James was so cold and matter of fact about it ending and at this point I still believed he was honest. I admit I grovelled for another chance, I promised to change, I said I would take the relationship on his terms, anything just don’t end it. We spent a couple of nights together at the warehouse and when I went back to the apartment after school I couldn’t open the door; the locks had been changed.

It was a Friday and my landlady didn’t answer her phone, I had no idea where Kris was or what had happened. The door jamb was broken so obviously someone had kicked the door in. I found him at a friends. He told me that when he moved out he took the handheld phone and was able to buzz himself in. He kicked the door open and went to sleep in the lazyboy chair. He didn’t know how long he had been asleep/passed out when he was woken up by someone kicking the chair. He grabbed a pair of scissors and was brandeshing them when he realized it was the landlady and a cop standing there. He told them I had packed up and left him there. They believed him, didn’t call me, gave him ten minutes to pack up his clothes, kicked him out and changed the locks.

Yes I know she couldn’t legally do that but she did and I lost everything because she gave me a one chance to get my things and James didn’t show up with the truck.

I called Crown counsel and they said they never received my statement so I called the police officer and he said he had it in the file at the police station. I told him Crown would look at it and he said it could wait until court.

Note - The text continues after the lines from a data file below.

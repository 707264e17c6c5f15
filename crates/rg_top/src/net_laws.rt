//! What the judge of nets says of a net that is written.
ghost use Rattle.std.specs.Prelude.{◌≡◌, ◌≤◌, ℕ, List, length, Ok};
ghost use Rattle.rg_theory.specs.System.{System, IsInRange};
ghost use Rattle.rg_theory.specs.Net.{Net};
ghost use Rattle.rg_theory.specs.declared.Class.{Class};
ghost use Rattle.rg_netfile.specs.Contents.{most_places};
ghost use Rattle.rg_netfile.specs.Spells.{Spells};
ghost use Rattle.rg_net_verdict.specs.declared.verdict.NetVerdict.TheVariants as verdict;
ghost use Rattle.rg_net_verdict.specs.Verdict.{Told, IsVerdict};
ghost use Rattle.rg_top.specs.Synthesize.{IsNetText};

use rg_net_verdict::solving_net_gets_yes;
use rg_netfile::one_answer;

/// Law: what `synthesize` writes with status 0 gets yes from `check_net` for the same system and class, and no other
/// answer but for want of memory: the net, and what its text is read as where a net file may have so many places.
pub fn written_net_gets_yes()
    ensures net { (class : Class) (lts : System) (out : List ℕ) (v : Told) → IsInRange lts → (written : IsNetText class lts out) → IsVerdict lts written.net class v → v ≡ Ok verdict.Yes }
    ensures read { (class : Class) (lts : System) (out : List ℕ) (net : Net) (v : Told) → IsInRange lts → (written : IsNetText class lts out) → length written.net.places ≤ most_places → Spells out lts net → IsVerdict lts net class v → v ≡ Ok verdict.Yes }
{
    solving_net_gets_yes();
    one_answer();
}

I was totally frustrated by the police, I felt like they were playing games. The night of the fight one officer took Kris and my statement and another officer took James’s. They had asked James for his address and he had given his buddy’s address in the resort. He was  told that if he wasn’t at that address he would be arrested for being in breach of his conditions for release. I was told that he was not to be in the park and if he was seen in the park to call them and he would be arrested. I had called the police many times to ask if he was allowed in the park and no one could give me an answer. The attending cop went from 4 days off to being on vacation. So Kris and I thought James was purposely harassing us when in fact he had to be at the resort. Mind you he did follow us and he did intimidate us with the bright headlights etc. But the whole situation was escalated by the cops not commumicating. Finally the night JC was escorted to get his things was the first time he was told to not come back, even to visit friends.

The whole situation was out of control and the police seemed to be enjoying the show.

The way the whole thing was handled was unprofessional, disorganized, and instead of difusing the situation the police contributed to emotions esculating to dangerous levels. Not once was I contacted by victim services or someone from a Domestic Violence support group, my concerns were literally laughed at by the police. And JC was revelliing in the fact that he had managed to turn things in his favor again. I knew he had a restraining order put on him years prior by the girl that had his baby and I told the police to check his file in Alberta. They said nothing showed up, but I found out later that a person can pay $400 and have their record sealed.